ILDR1 competes with NP in binding PLSCR1
We transfected either ILDR1-Cter or PLSCR1 together with NP protein in HEK 293T cells and examined their potential interaction by performing co-IP experiments. The results show that Myc-tagged PLSCR1 but not ILDR1-Cter is co-immunoprecipitated with EGFP-tagged NP protein (Figure 6A). Likewise, EGFP-tagged PLSCR1 but not ILDR1-Cter is co-immunoprecipitated with Myc-tagged NP (Figure 6B). We then moved on to examine whether ILDR1 and NP could interact with PLSCR1 simultaneously or compete with each other. We examined the interaction between NP and PLSCR1 in the presence of ILDR1 of increasing amounts. The results show that when the amount of ILDR1 is increased, the level of NP bound to PLSCR1 is decreased (Figures 6C and 6D). Similar results were obtained when increasing amounts of NP was used (Figures 6E and 6F).

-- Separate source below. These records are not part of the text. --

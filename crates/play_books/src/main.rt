//! Plays a script of calls on books and on stores of rows. A line `== NAME` names the player of the lines below it, and is
//! written as it is. Each player begins anew:
//!
//! - `books`: a book of a plan: arrivals, takes, settlements, cancellations, deployments and prunings.
//! - `rows`: both stores of rows at once.
#![tactic(auto)]

mod books;
mod rows;

use anyhow::{Result, bail};
use play_script::{Part, read_parts};

/// Plays the lines of one player.
fn play_part(rt: &HostRuntime, part: &Part) -> Result<()> {
    println!(rt; "== {}", part.player)?;
    match part.player.as_str() {
        "books" => books::play(rt, &part.lines),
        "rows" => rows::play(rt, &part.lines),
        player => bail!("{player} is no player"),
    }
}

/// Plays parts, one after another.
fn play_all(rt: &HostRuntime, parts: &[Part]) -> Result<()> {
    for part in parts {
        play_part(rt, part)?;
    }
    Ok(())
}

fn main(rt: HostRuntime) -> Result<()> {
    let parts = read_parts(&rt)?;
    play_all(&rt, &parts)
}
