//! Plays calls on the book: a line is a call, and is written with its answer. Empty lines and those that begin with `#` are
//! written as they are.

mod call;
mod shown;
mod stage;

use anyhow::Result;
use book_core::EVENTS_MAX;
use play_script::is_call;
use stage::Stage;
use std::str;

/// Writes a line, with the answer to its call.
fn play_line(rt: &HostRuntime, stage: &mut Stage, line: &str) -> Result<()> {
    if is_call(line) {
        println!(rt; "{line}: {}", stage.play(rt, line)?)?;
    } else {
        println!(rt; "{line}")?;
    }
    Ok(())
}

/// Plays lines, one after another.
fn play_all(rt: &HostRuntime, stage: &mut Stage, lines: &[Vec<u8>]) -> Result<()> {
    for line in lines {
        play_line(rt, stage, str::from_utf8(line)?)?;
    }
    Ok(())
}

/// Plays lines, beginning with an empty book of the built-in plan.
///
/// # Errors
///
/// Where a line is no call, or memory is refused.
pub(crate) fn play(rt: &HostRuntime, lines: &[Vec<u8>]) -> Result<()> {
    let mut stage = Stage::open(rt, "built-in", EVENTS_MAX)?;
    play_all(rt, &mut stage, lines)
}
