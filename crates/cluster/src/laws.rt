//! What placing and routing may assume of a packed circuit.
ghost use Rattle.cluster.specs.Clusters.{PackedCircuit};
ghost use Rattle.cluster.specs.LawfulPackings.{IsPacked};
ghost use Rattle.cluster.specs.PackingLaws.{IsLawfulPacking};

/// Each packed circuit satisfies the laws by which a placer and a router index: each BLE is in one
/// cluster, each cluster fits, and nets lead from a block to other blocks, in order. The readers of
/// `Packed` ensure that its value is such a circuit.
pub fn laws_of_packing()
    ensures { (packed : PackedCircuit) → IsPacked packed → IsLawfulPacking packed }
{}
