//! The users of each net.
ghost use Rattle.std.specs.Prelude.{◌≡◌, ◌<◌, ◌==◌, [], IfOk, length, not};
ghost use Rattle.std.specs.List.{list_any, slice_index_or};
ghost use Rattle.cluster.specs.Prelude.{IsCircuit, has, distinct_nets};
ghost use Rattle.cluster.specs.NetUses.{IsUsed, controls_of, leaves_by};

use ble_cluster::NetSet;
use blif::Circuit;
use rows::Rows;
use std::alloc::{AllocError, Global};

/// The nets that control latches, which are global, and for each net the blocks that read it.
#[derive(Drop)]
pub(crate) struct NetUses {
    pub(crate) globals: NetSet,
    pub(crate) readers: Rows,
}

impl NetUses {
    /// The uses of the circuit's nets; `readers` are the blocks that read each net.
    pub(crate) fn new(alloc: Global, circuit: &Circuit, readers: Rows) -> Result<Self, AllocError>
        requires { IsCircuit circuit.now }
        ensures globals { IfOk result (λ uses.
            uses.globals ≡ record {
              count = length circuit.now.nets;
              nets = distinct_nets (controls_of circuit.now.latches);
            }) }
        ensures readers { IfOk result (λ uses. uses.readers ≡ readers) }
    {
        match globals_of(alloc, circuit) {
            Ok(globals) => Ok(NetUses { globals, readers }),
            Err(error) => {
                drop(readers);
                Err(error)
            }
        }
    }

    /// Whether the net is global.
    pub(crate) fn is_global(&self, net: u32) -> bool
        requires { net < self.now.globals.count }
        ensures { result ≡ has self.now.globals.nets net }
    {
        self.globals.has(net)
    }

    /// The blocks that read the net.
    pub(crate) fn readers(&self, net: u32) -> &[u32]
        requires { net < length self.now.readers }
        ensures { result.now ≡ slice_index_or self.now.readers net [] }
    {
        self.readers.row(net as usize)
    }

    /// Whether the net leaves the block that drives it.
    pub(crate) fn leaves(&self, driver: u32, net: u32) -> bool
        requires { IsUsed self.now net }
        ensures { result ≡ leaves_by self.now driver net }
    {
        self.is_global(net) || has_other(self.readers(net), driver)
    }
}

/// The nets that control latches.
fn globals_of(alloc: Global, circuit: &Circuit) -> Result<NetSet, AllocError>
    requires { IsCircuit circuit.now }
    ensures { IfOk result (λ globals.
        globals ≡ record {
          count = length circuit.now.nets;
          nets = distinct_nets (controls_of circuit.now.latches);
        }) }
{
    let mut globals = NetSet::new(alloc, circuit.nets.len())?;
    match add_controls(&mut globals, circuit) {
        Ok(()) => Ok(globals),
        Err(error) => {
            drop(globals);
            Err(error)
        }
    }
}

/// Adds the nets that control latches to an empty set.
fn add_controls(globals: &mut NetSet, circuit: &Circuit) -> Result<(), AllocError>
    requires circuit { IsCircuit circuit.now }
    requires none { globals.old ≡ record { count = length circuit.now.nets; nets = [] } }
    ensures { IfOk result (λ _. globals.new
        ≡ record {
          count = length circuit.now.nets;
          nets = distinct_nets (controls_of circuit.now.latches);
        }) }
{
    for latch in circuit.latches.as_slice() {
        if let Some(control) = latch.control {
            globals.insert(control)?;
        }
    }
    Ok(())
}

/// Whether one of the readers isn't the driver.
fn has_other(readers: &[u32], driver: u32) -> bool
    ensures { result ≡ list_any (λ reader. not (reader == driver)) readers.now }
{
    readers.iter().any(|reader| *reader != driver)
}
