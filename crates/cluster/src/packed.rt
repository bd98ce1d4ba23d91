//! A packed circuit.
ghost use Rattle.std.specs.Prelude.{◌≡◌, ◌+◌, ◌<◌, length, slice_get, Some};
ghost use Rattle.cluster.specs.Prelude.{bles_of};
ghost use Rattle.cluster.specs.Blocks.{block_name, blocks_of, block_nets, net_on_pin, net_name, pins_of};
ghost use Rattle.cluster.specs.Keys.{keys_of};
ghost use Rattle.cluster.specs.LawfulPackings.{IsPacked};
ghost use Rattle.cluster.specs.PackedTables.{ArePartsOf};

use crate::block::{Block, BlockKey, BlockKind, BlockNet};
use crate::packed_tables::PackedTables;
use arch_file::{Arch, PinClass, SharedArch};
use ble_cluster::{Ble, Bles};
use blif::{Circuit, SharedCircuit};
use rows::Rows;
use std::marker::Model;

/// A packed circuit: clusters of its BLEs, with the blocks, nets and pins that result.
#[derive(Drop)]
pub struct Packed {
    circuit: SharedCircuit,
    arch: SharedArch,
    bles: Bles,
    clusters: Rows,
    tables: PackedTables,
}

impl Model for Packed {
    ghost use Rattle.cluster.specs.Clusters.{PackedCircuit};
    ghost use Rattle.cluster.specs.PackedTables.{ArePartsOf};

    ghost Value = { PackedCircuit };

    ghost view = { λ p. record { circuit = p.circuit; arch = p.arch; clusters = p.clusters } };

    ghost invariant = { λ p. ArePartsOf (record {
      circuit = p.circuit;
      arch = p.arch;
      clusters = p.clusters;
    }) p.bles p.tables };
}

impl Packed {
    /// The packed circuit of these parts. Takes no memory.
    pub(crate) fn new(
        circuit: SharedCircuit,
        arch: SharedArch,
        bles: Bles,
        clusters: Rows,
        tables: PackedTables,
    ) -> Self
        requires { ArePartsOf (record { circuit = circuit; arch = arch; clusters = clusters }) bles
            tables }
        ensures { result ≡ record { circuit = circuit; arch = arch; clusters = clusters } }
    {
        Packed {
            circuit,
            arch,
            bles,
            clusters,
            tables,
        }
    }

    /// The circuit.
    pub fn circuit(&self) -> &Circuit
        ensures value { result.now ≡ self.now.circuit }
        ensures lawful { IsPacked self.now }
    {
        self.circuit.circuit()
    }

    /// The architecture.
    pub fn arch(&self) -> &Arch
        ensures value { result.now ≡ self.now.arch }
        ensures lawful { IsPacked self.now }
    {
        self.arch.arch()
    }

    /// The packing is lawful. Does nothing.
    pub fn laws(&self)
        ensures { IsPacked self.now }
    {
        let _ = self.circuit();
    }

    /// The number of BLEs of the circuit.
    pub fn ble_count(&self) -> usize
        ensures { result ≡ length (bles_of self.now.circuit) }
    {
        self.bles.len()
    }

    /// The BLE with this number.
    pub fn ble(&self, number: usize) -> Ble<'_>
        requires { number < length (bles_of self.now.circuit) }
        ensures { slice_get (bles_of self.now.circuit) number
            ≡ Some (record {
              inputs = result.inputs.now;
              output = result.output;
              clock = result.clock;
            }) }
    {
        self.bles.ble(number)
    }

    /// The number of clusters.
    pub fn cluster_count(&self) -> usize
        ensures { result ≡ length self.now.clusters }
    {
        self.clusters.len()
    }

    /// The numbers of the BLEs of a cluster, the seed first.
    pub fn cluster(&self, number: usize) -> &[u32]
        requires { number < length self.now.clusters }
        ensures { slice_get self.now.clusters number ≡ Some result.now }
    {
        self.clusters.row(number)
    }

    /// The number of blocks that are pads: one for each input, and one for each output.
    pub fn pad_count(&self) -> usize
        ensures { result ≡ length self.now.circuit.inputs + length self.now.circuit.outputs }
    {
        let circuit = self.circuit.circuit();
        circuit.inputs.as_slice().len() + circuit.outputs.as_slice().len()
    }

    /// The number of blocks: pads for inputs, pads for outputs, and clusters.
    pub fn block_count(&self) -> usize
        ensures { result ≡ length (blocks_of self.now) }
    {
        self.pad_count() + self.clusters.len()
    }

    /// The block with this number.
    pub fn block(&self, number: usize) -> Block
        requires { number < length (blocks_of self.now) }
        ensures { slice_get (blocks_of self.now) number ≡ Some result }
    {
        let inputs = self.circuit.circuit().inputs.as_slice();
        let outputs = self.circuit.circuit().outputs.as_slice();
        if number < inputs.len() {
            Block::InputPad(inputs[number])
        } else if number - inputs.len() < outputs.len() {
            Block::OutputPad(outputs[number - inputs.len()])
        } else {
            Block::Cluster((number - inputs.len() - outputs.len()) as u32)
        }
    }

    /// The key of the block with this number: its kind and its name.
    pub fn key(&self, number: usize) -> BlockKey<'_>
        requires { number < length (blocks_of self.now) }
        ensures { slice_get (keys_of self.now) number
            ≡ Some (record { kind = result.kind; name = result.name.now }) }
    {
        self.laws();
        match self.block(number) {
            Block::InputPad(net) => BlockKey {
                kind: BlockKind::InputPad,
                name: self.net_name(net),
            },
            Block::OutputPad(net) => BlockKey {
                kind: BlockKind::OutputPad,
                name: self.net_name(net),
            },
            Block::Cluster(cluster) => BlockKey {
                kind: BlockKind::Cluster,
                name: self.net_name(self.seed_output(cluster as usize)),
            },
        }
    }

    fn net_name(&self, net: u32) -> &[u8]
        requires { net < length self.now.circuit.nets }
        ensures { result.now ≡ net_name self.now.circuit net }
    {
        self.circuit.circuit().nets.name(net as usize)
    }

    /// The net that a cluster's seed drives.
    fn seed_output(&self, cluster: usize) -> u32
        requires { cluster < length self.now.clusters }
        ensures name { net_name self.now.circuit result
            ≡ block_name self.now (Block.Cluster cluster) }
        ensures named { result < length self.now.circuit.nets }
    {
        let seed = self.clusters.row(cluster)[0];
        self.bles.ble(seed as usize).output
    }

    /// The number of nets between blocks.
    pub fn net_count(&self) -> usize
        ensures { result ≡ length (block_nets self.now) }
    {
        self.tables.nets.len()
    }

    /// The net with this number, which differs from its number in the circuit.
    pub fn net(&self, number: usize) -> BlockNet<'_>
        requires { number < length (block_nets self.now) }
        ensures { slice_get (block_nets self.now) number
            ≡ Some (record {
              net = result.net;
              driver = result.driver;
              readers = result.readers.now;
              global = result.global;
            }) }
    {
        self.tables.nets.net(number)
    }

    /// The circuit's net on a pin of a cluster, by the pin's number; `None` if the pin is open.
    pub fn pin(&self, cluster: usize, pin: usize) -> Option<u32>
        requires cluster { cluster < length self.now.clusters }
        requires pin { pin < length self.now.arch.pins }
        ensures { slice_get (pins_of self.now cluster) pin ≡ Some result }
    {
        let rank = self.tables.ranks[pin];
        match self.arch.arch().pins.as_slice()[pin].class {
            PinClass::Input => entry(self.tables.inputs.row(cluster), rank),
            PinClass::Output => self.leaving_output(cluster, rank),
            PinClass::Clock => entry(self.tables.clocks.row(cluster), rank),
        }
    }

    /// The output of the BLE at this index of a cluster, if the net leaves the cluster.
    fn leaving_output(&self, cluster: usize, place: usize) -> Option<u32>
        requires { cluster < length self.now.clusters }
        ensures { result ≡ net_on_pin self.now cluster PinClass.Output place }
    {
        let members = self.clusters.row(cluster);
        if place >= members.len() {
            return None;
        }
        let net = self.bles.ble(members[place] as usize).output;
        let block = (self.pad_count() + cluster) as u32;
        if self.tables.uses.leaves(block, net) {
            Some(net)
        } else {
            None
        }
    }
}

/// The entry at this index of a row, `None` if the row is shorter.
fn entry(row: &[u32], place: usize) -> Option<u32>
    ensures { result ≡ slice_get row.now place }
{
    row.get(place).copied()
}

In order to further verify that ILDR1 and PLSCR1 will affect the nuclear importation of NP, a cell fractionation experiment was conducted. Cells were transduced with ILDR1-GFP ,PLSCR1-Myc or empty retrovirus-transduced control for 24h, and then infected with SIV at an MOI of 0.1. At 6 h p.i., the cells were separated into nuclear (N) and cytoplasmic fractions (C) ,then subjected to western blotting. The results show that, GAPDH and LaminB1 were only detected in the cytoplasm and nucleus, respectively. Also we found that NP was primarily detected in the cytoplasm and was only weakly detected in the nucleus while PLSCR1 was overexpressed as reported previously[21]. In contrast, when we overexpressed ILDR1, it will promote the expression of NP protein into the nucleus. When ILDR1 and PLSCR1 were co-transfected, a considerable amount of NP was detected in both the nucleus and the cytoplasm (Figures 6G). Taken together, our present data suggest that ILDR1 and NP compete with each other in binding PLSCR1.